Over time, health systems want to drive the cost of care down while improving the quality of patient experiences. Lu hopes that by working with Helix, health systems will be able to identify patients who are clearly at risk and are hiding in plain sight that they should manage today, like carriers of well-established deleterious DNA variants. These data could also enable the health systems to develop new population health and value-based care algorithms to manage the health of broader populations. “The key thing we think about is care transformation, coordination, and gap closure—not the ‘sexy’ things of genetics, but the bread and butter of healthcare.”

Currently, Helix has several major programs across the country that represent more than 100,000 people. “I think we represent the largest-scale programs in America now across health systems,” said Lu. “There are only a few independent programs now that are not partnered with Helix, and we really think of ourselves as a supporting organization for health systems to transform their care.”

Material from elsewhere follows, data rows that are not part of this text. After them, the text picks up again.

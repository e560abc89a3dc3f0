//! Why a step is not allowed, by its kind.

use crate::messages::Course;
use crate::telling::Telling;
use charlotte_calls::{Bytes, Call, EndId, Ends, NoMemory, Pid, ServiceStep};
use history_text::Act;
use link_service::Service;

impl Telling<'_> {
    /// The first of the reasons of a step that holds.
    pub(crate) fn step(&mut self, act: &Act) -> Result<(), NoMemory> {
        match &act.step {
            ServiceStep::Make { p, .. } => self.call(*p, &Call::Make),
            ServiceStep::Refuse { p, call, .. } => self.refusal(*p, call),
            ServiceStep::Destroy { on } => self.owned(act, &Call::Destroy { on: *on }),
            ServiceStep::Send {
                on,
                bytes,
                enclose,
                ..
            } => self.send(act, &send(*on, bytes, enclose)),
            ServiceStep::Receive { on } => self.owned(act, &Call::Receive { on: *on }),
            ServiceStep::Cancel { on, way } => {
                let call = Call::Cancel { on: *on, way: *way };
                self.owned(act, &call)
            }
            ServiceStep::Wait { p } => self.call(*p, &Call::Wait),
            ServiceStep::Report { p, .. } => self.report(*p),
            ServiceStep::Exit { p } => self.call(*p, &Call::Exit),
            ServiceStep::Match { on, n } => self.matching(*on, *n),
            ServiceStep::Take { on, n, p, late } => self.take((*on, *n), *p, *late),
            ServiceStep::Complete { on, n } => self.complete(*on, *n),
            ServiceStep::Withdraw { on } => self.cancelled(*on, b"posted"),
            ServiceStep::Free { on } => self.cancelled(*on, b"withdrawn"),
            ServiceStep::Notice { on, dead } => self.notice(*on, *dead),
            ServiceStep::Back { on, n, dead } => self.back((*on, *n), *dead),
        }
    }

    fn call(&mut self, p: Pid, call: &Call) -> Result<(), NoMemory> {
        self.is_refused(p, call)?;
        Ok(())
    }

    /// A call of the process that a line names.
    fn owned(&mut self, act: &Act, call: &Call) -> Result<(), NoMemory> {
        match act.owner {
            Some((p, _)) => self.call(p, call),
            None => Ok(()),
        }
    }

    /// A send is refused, or its number is another.
    fn send(&mut self, act: &Act, call: &Call) -> Result<(), NoMemory> {
        let Some((p, on)) = act.owner else {
            return Ok(());
        };
        if self.is_refused(p, call)? {
            return Ok(());
        }
        self.of_end(b"the next message of ", on)?;
        self.words(b" is ")?;
        self.number(u64::from(self.service.links().look(on).sent()) + 1)
    }

    fn matching(&mut self, on: EndId, n: u32) -> Result<(), NoMemory> {
        if self.is_not((on, n), Course::Waiting)? {
            return Ok(());
        }
        if self.service.links().look(on).noticed() {
            return self.noticed(on);
        }
        self.receive(on.opposite(), b"posted")
    }

    fn take(&mut self, message: (EndId, u32), p: Pid, late: bool) -> Result<(), NoMemory> {
        if self.is_not(message, Course::Matched)? {
            return Ok(());
        }
        let opposite = message.0.opposite();
        if !self.service.place(opposite).is_owned_by(p) {
            return self.place(opposite);
        }
        if self.service.links().look(opposite).noticed() {
            return self.noticed(opposite);
        }
        self.flag(!late, opposite)
    }

    fn complete(&mut self, on: EndId, n: u32) -> Result<(), NoMemory> {
        if self.is_not((on, n), Course::Taken)? {
            return Ok(());
        }
        self.place(on)
    }

    /// A step of a receive whose Cancel waits.
    fn cancelled(&mut self, on: EndId, wanted: &[u8]) -> Result<(), NoMemory> {
        if is_cancelled(self.service, on) {
            self.receive(on, wanted)
        } else {
            self.flag(false, on)
        }
    }

    fn notice(&mut self, on: EndId, dead: bool) -> Result<(), NoMemory> {
        if !self.service.place(on.opposite()).is_destroyed() {
            return self.place(on.opposite());
        }
        if self.service.place(on).is_destroyed() {
            return self.place(on);
        }
        if self.service.links().look(on).noticed() {
            return self.noticed(on);
        }
        self.flag(!dead, on)
    }

    fn back(&mut self, message: (EndId, u32), dead: bool) -> Result<(), NoMemory> {
        if self.is_not(message, Course::Matched)? {
            return Ok(());
        }
        let opposite = message.0.opposite();
        if !self.service.place(opposite).is_destroyed()
            && !self.service.links().look(opposite).noticed()
        {
            return self.place(opposite);
        }
        self.flag(!dead, message.0)
    }
}

/// The call of a send.
fn send(on: EndId, bytes: &Bytes, enclose: &Ends) -> Call {
    Call::Send {
        on,
        bytes: bytes.copy(),
        enclose: enclose.copy(),
    }
}

/// Whether the owner of an end is in a Cancel of its receive.
fn is_cancelled(service: &Service, e: EndId) -> bool {
    match service.place(e).owner() {
        Some(p) => service.processes().phase(p).is_cancelling(e),
        None => false,
    }
}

Since healthcare is longitudinal, it’s important to make the data that Helix turns over to be the most impactful now and down the line. “If you give everyone all their pharmacogenetic information today, but they’re not taking any drugs, who cares?” said Lu. “Realistically, no one is going to remember that information five years from now. But if you start taking several drugs and something happens, then you do care, and that data is highly relevant.”

The questions that physicians usually hit Helix with often pertain to the limited time they have per patient visit. If a provider only has 10–12 minutes with a patient, how quickly can they pull up the genomics information and make it actionable? Helix is working to bring that data to them in the moments when they will actually use it, and support physicians so that they can interact with the data and deliver the right type of care to that patient without having to overwhelm them with the history of their genetics.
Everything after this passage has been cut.